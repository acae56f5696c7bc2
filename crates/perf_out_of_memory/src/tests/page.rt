//! An output that needs no memory.

ghost use Rattle.std.specs.Prelude.{◌≤◌};

use std::io::{self, Write};

/// Keeps a text of at most 512 bytes.
#[derive(Drop)]
pub struct Page {
    bytes: [u8; 512],
    len: usize,
    ghost within: { len ≤ 512 },
}

impl Page {
    /// A page with no text.
    pub fn new() -> Page {
        Page {
            bytes: [0; 512],
            len: 0,
        }
    }

    /// The text.
    pub fn text(&self) -> &[u8] {
        &self.bytes[..self.len]
    }
}

impl Write for Page {
    fn write(&mut self, buf: &[u8]) -> io::Result<usize> {
        let count = buf.len().min(512 - self.len);
        self.bytes[self.len..self.len + count].copy_from_slice(&buf[..count]);
        self.len += count;
        Ok(count)
    }

    fn flush(&mut self) -> io::Result<()> {
        Ok(())
    }
}
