//! Reports and counts: what is printed and counted before a failed allocation stays, and the error
//! that is returned is that memory ran out.

use crate::tests::page::Page;
use crate::tests::requests::{Found, tell};
use perf_event_data::RunEnd;
use perf_event_data::endian::Little;
use perf_event_data::parse::ErrorKind;
use perf_reports::counts::Counts;
use perf_reports::printing::{Report, print_buffer};
use perf_reports::streams::count_stream;
use std::alloc::Global;
use std::io::Write;

// An attribute of 64 bytes whose samples have an address and a call chain. The tasks 2 and 4 of the
// process 1 are called `sh` and by a name of 96 bytes.
const TASKS: &[u8] = b"\0\0\0\0\x40\0\0\0\0\0\0\0\0\0\0\0\0\0\0\0\0\0\0\0\x21\0\0\0\0\0\0\0\
    \0\0\0\0\0\0\0\0\0\0\0\0\0\0\0\0\0\0\0\0\0\0\0\0\0\0\0\0\0\0\0\0\
    \x03\0\0\0\0\0\x18\0\x01\0\0\0\x02\0\0\0sh\0\0\0\0\0\0\
    \x03\0\0\0\0\0\x70\0\x01\0\0\0\x04\0\0\0\
    nnnnnnnnnnnnnnnnnnnnnnnnnnnnnnnnnnnnnnnnnnnnnnnn\
    nnnnnnnnnnnnnnnnnnnnnnnnnnnnnnnnnnnnnnnnnnnnnnnn";

const LINES: &[u8] = b"comm 1 2 sh\ncomm 1 4 \
    nnnnnnnnnnnnnnnnnnnnnnnnnnnnnnnnnnnnnnnnnnnnnnnn\
    nnnnnnnnnnnnnnnnnnnnnnnnnnnnnnnnnnnnnnnnnnnnnnnn\n";

// The same attribute, and samples: address 1 without calls, and address 2 with the calls 10 and 20.
const SAMPLES: &[u8] = b"\0\0\0\0\x40\0\0\0\0\0\0\0\0\0\0\0\0\0\0\0\0\0\0\0\x21\0\0\0\0\0\0\0\
    \0\0\0\0\0\0\0\0\0\0\0\0\0\0\0\0\0\0\0\0\0\0\0\0\0\0\0\0\0\0\0\0\
    \x09\0\0\0\0\0\x18\0\x01\0\0\0\0\0\0\0\0\0\0\0\0\0\0\0\
    \x09\0\0\0\0\0\x28\0\x02\0\0\0\0\0\0\0\x02\0\0\0\0\0\0\0\x0A\0\0\0\0\0\0\0\x14\0\0\0\0\0\0\0";

// The number of lines, if the text is of whole lines.
fn whole_lines(text: &[u8]) -> Option<u64> {
    if !text.is_empty() && !text.ends_with(b"\n") {
        return None;
    }
    let mut count = 0u64;
    for byte in text {
        count = count.saturating_add(u64::from(*byte == b'\n'));
    }
    Some(count)
}

// Whether this is the text of an error that memory ran out: of a record, or of a line.
fn is_starved(error: &[u8]) -> bool {
    error == b"out of memory".as_slice() || error == b"memory allocation failed".as_slice()
}

// What was printed: the number of whole lines, and 0 with no error, 1 with one that memory ran out, or else 2.
fn end_of(text: &[u8], error: &[u8]) -> Found {
    match whole_lines(text) {
        Some(count) if error.is_empty() => [count, 0, 0, 0],
        Some(count) if is_starved(error) => [count, 1, 0, 0],
        _ => [0, 2, 0, 0],
    }
}

// How a recording is printed. What is printed is compared with these lines, if any are given.
fn printed(alloc: Global, recording: &[u8], report: Report, lines: &[u8]) -> Found {
    let (outcome, output, mut errors) = print_buffer(
        alloc,
        recording,
        Page::new(),
        Page::new(),
        report,
    );
    let _ = match outcome {
        Ok(true) => Ok(()),
        Ok(false) => write!(errors, "refused"),
        Err(error) => write!(errors, "{error}"),
    };
    if lines.is_empty() || lines.starts_with(output.text()) {
        end_of(output.text(), errors.text())
    } else {
        [0, 2, 0, 0]
    }
}

// The ends that may be: with both lines; out of memory after the first one, or before it.
const ENDINGS: [Found; 3] = [[2, 0, 0, 0], [1, 1, 0, 0], [0, 1, 0, 0]];

#[test]
fn a_report_of_tasks(rt: HostRuntime) {
    let found = printed(rt.alloc(), TASKS, Report::Tasks, LINES);
    tell(&rt, "a report of tasks", found, &ENDINGS);
}

#[test]
fn a_report_of_samples(rt: HostRuntime) {
    let found = printed(rt.alloc(), SAMPLES, Report::Samples, b"");
    tell(&rt, "a report of samples", found, &ENDINGS);
}

// The counts, and 0 if it ended with the bytes, 1 if out of memory, or else 2.
fn with_end(counts: &Counts, end: u64) -> Found {
    [counts.records, counts.refused, counts.checksum, end]
}

// The counts of the samples, and how it ended.
fn counted(alloc: Global) -> Found {
    match count_stream(alloc, SAMPLES, Little, true) {
        Ok((counts, RunEnd::Done)) => with_end(&counts, 0),
        Ok((counts, RunEnd::Fault(error))) if error.kind() == ErrorKind::OutOfMemory => {
            with_end(&counts, 1)
        }
        Ok((counts, _)) => with_end(&counts, 2),
        Err(_) => with_end(&Counts::NONE, 2),
    }
}

// Of the first sample 9 + 24 + 1, and of the second 9 + 40 + 2 + 10 + 20.
#[test]
fn counts_of_samples(rt: HostRuntime) {
    let wanted = [[2, 0, 34 + 81, 0], [1, 0, 34, 1]];
    tell(&rt, "counts of samples", counted(rt.alloc()), &wanted);
}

[Task brief]
Would you please write out the entire listing exactly?

[Solution]
repository acae56f5696c7bc2
filename crates/perf_out_of_memory/src/tests/page.rt
//! An output that needs no memory.

ghost use Rattle.std.specs.Prelude.{◌≤◌};

use std::io::{self, Write};

/// Keeps a text of at most 512 bytes.
#[derive(Drop)]
pub struct Page {
    bytes: [u8; 512],
    len: usize,
    ghost within: { len ≤ 512 },
}

impl Page {
    /// A page with no text.
    pub fn new() -> Page {
        Page {
            bytes: [0; 512],
            len: 0,
        }
    }

    /// The text.
    pub fn text(&self) -> &[u8] {
        &self.bytes[..self.len]
    }
}

impl Write for Page {
    fn write(&mut self, buf: &[u8]) -> io::Result<usize> {
        let count = buf.len().min(512 - self.len);
        self.bytes[self.len..self.len + count].copy_from_slice(&buf[..count]);
        self.len += count;
        Ok(count)
    }

    fn flush(&mut self) -> io::Result<()> {
        Ok(())
    }
}
//! Reports and counts: what is printed and counted before a failed allocation stays, and the error
//! that is returned is that memory ran out.

use crate::tests::page::Page;
use crate::tests::requests::{Found, tell};
use perf_event_data::RunEnd;
use perf_event_data::endian::Little;
use perf_event_data::parse::ErrorKind;
use perf_reports::counts::Counts;
use perf_reports::printing::{Report, print_buffer};
use perf_reports::streams::count_stream;
use std::alloc::Global;
use std::io::Write;

// An attribute of 64 bytes whose samples have an address and a call chain. The tasks 2 and 4 of the
// process 1 are called `sh` and by a name of 96 bytes.
const TASKS: &[u8] = b"\0\0\0\0\x40\0\0\0\0\0\0\0\0\0\0\0\0\0\0\0\0\0\0\0\x21\0\0\0\0\0\0\0\
    \0\0\0\0\0\0\0\0\0\0\0\0\0\0\0\0\0\0\0\0\0\0\0\0\0\0\0\0\0\0\0\0\
    \x03\0\0\0\0\0\x18\0\x01\0\0\0\x02\0\0\0sh\0\0\0\0\0\0\
    \x03\0\0\0\0\0\x70\0\x01\0\0\0\x04\0\0\0\
    nnnnnnnnnnnnnnnnnnnnnnnnnnnnnnnnnnnnnnnnnnnnnnnn\
    nnnnnnnnnnnnnnnnnnnnnnnnnnnnnnnnnnnnnnnnnnnnnnnn";

const LINES: &[u8] = b"comm 1 2 sh\ncomm 1 4 \
    nnnnnnnnnnnnnnnnnnnnnnnnnnnnnnnnnnnnnnnnnnnnnnnn\
    nnnnnnnnnnnnnnnnnnnnnnnnnnnnnnnnnnnnnnnnnnnnnnnn\n";

// The same attribute, and samples: address 1 without calls, and address 2 with the calls 10 and 20.
const SAMPLES: &[u8] = b"\0\0\0\0\x40\0\0\0\0\0\0\0\0\0\0\0\0\0\0\0\0\0\0\0\x21\0\0\0\0\0\0\0\
    \0\0\0\0\0\0\0\0\0\0\0\0\0\0\0\0\0\0\0\0\0\0\0\0\0\0\0\0\0\0\0\0\
    \x09\0\0\0\0\0\x18\0\x01\0\0\0\0\0\0\0\0\0\0\0\0\0\0\0\
    \x09\0\0\0\0\0\x28\0\x02\0\0\0\0\0\0\0\x02\0\0\0\0\0\0\0\x0A\0\0\0\0\0\0\0\x14\0\0\0\0\0\0\0";

// The number of lines, if the text is of whole lines.
fn whole_lines(text: &[u8]) -> Option<u64> {
    if !text.is_empty() && !text.ends_with(b"\n") {
        return None;
    }
    let mut count = 0u64;
    for byte in text {
        count = count.saturating_add(u64::from(*byte == b'\n'));
    }
    Some(count)
}

// Whether this is the text of an error that memory ran out: of a record, or of a line.
fn is_starved(error: &[u8]) -> bool {
    error == b"out of memory".as_slice() || error == b"memory allocation failed".as_slice()
}

// What was printed: the number of whole lines, and 0 with no error, 1 with one that memory ran out, or else 2.
fn end_of(text: &[u8], error: &[u8]) -> Found {
    match whole_lines(text) {
        Some(count) if error.is_empty() => [count, 0, 0, 0],
        Some(count) if is_starved(error) => [count, 1, 0, 0],
        _ => [0, 2, 0, 0],
    }
}

// How a recording is printed. What is printed is compared with these lines, if any are given.
fn printed(alloc: Global, recording: &[u8], report: Report, lines: &[u8]) -> Found {
    let (outcome, output, mut errors) = print_buffer(
        alloc,
        recording,
        Page::new(),
        Page::new(),
        report,
    );
    let _ = match outcome {
        Ok(true) => Ok(()),
        Ok(false) => write!(errors, "refused"),
        Err(error) => write!(errors, "{error}"),
    };
    if lines.is_empty() || lines.starts_with(output.text()) {
        end_of(output.text(), errors.text())
    } else {
        [0, 2, 0, 0]
    }
}

// The ends that may be: with both lines; out of memory after the first one, or before it.
const ENDINGS: [Found; 3] = [[2, 0, 0, 0], [1, 1, 0, 0], [0, 1, 0, 0]];

#[test]
fn a_report_of_tasks(rt: HostRuntime) {
    let found = printed(rt.alloc(), TASKS, Report::Tasks, LINES);
    tell(&rt, "a report of tasks", found, &ENDINGS);
}

#[test]
fn a_report_of_samples(rt: HostRuntime) {
    let found = printed(rt.alloc(), SAMPLES, Report::Samples, b"");
    tell(&rt, "a report of samples", found, &ENDINGS);
}

// The counts, and 0 if it ended with the bytes, 1 if out of memory, or else 2.
fn with_end(counts: &Counts, end: u64) -> Found {
    [counts.records, counts.refused, counts.checksum, end]
}

// The counts of the samples, and how it ended.
fn counted(alloc: Global) -> Found {
    match count_stream(alloc, SAMPLES, Little, true) {
        Ok((counts, RunEnd::Done)) => with_end(&counts, 0),
        Ok((counts, RunEnd::Fault(error))) if error.kind() == ErrorKind::OutOfMemory => {
            with_end(&counts, 1)
        }
        Ok((counts, _)) => with_end(&counts, 2),
        Err(_) => with_end(&Counts::NONE, 2),
    }
}

// Of the first sample 9 + 24 + 1, and of the second 9 + 40 + 2 + 10 + 20.
#[test]
fn counts_of_samples(rt: HostRuntime) {
    let wanted = [[2, 0, 34 + 81, 0], [1, 0, 34, 1]];
    tell(&rt, "counts of samples", counted(rt.alloc()), &wanted);
}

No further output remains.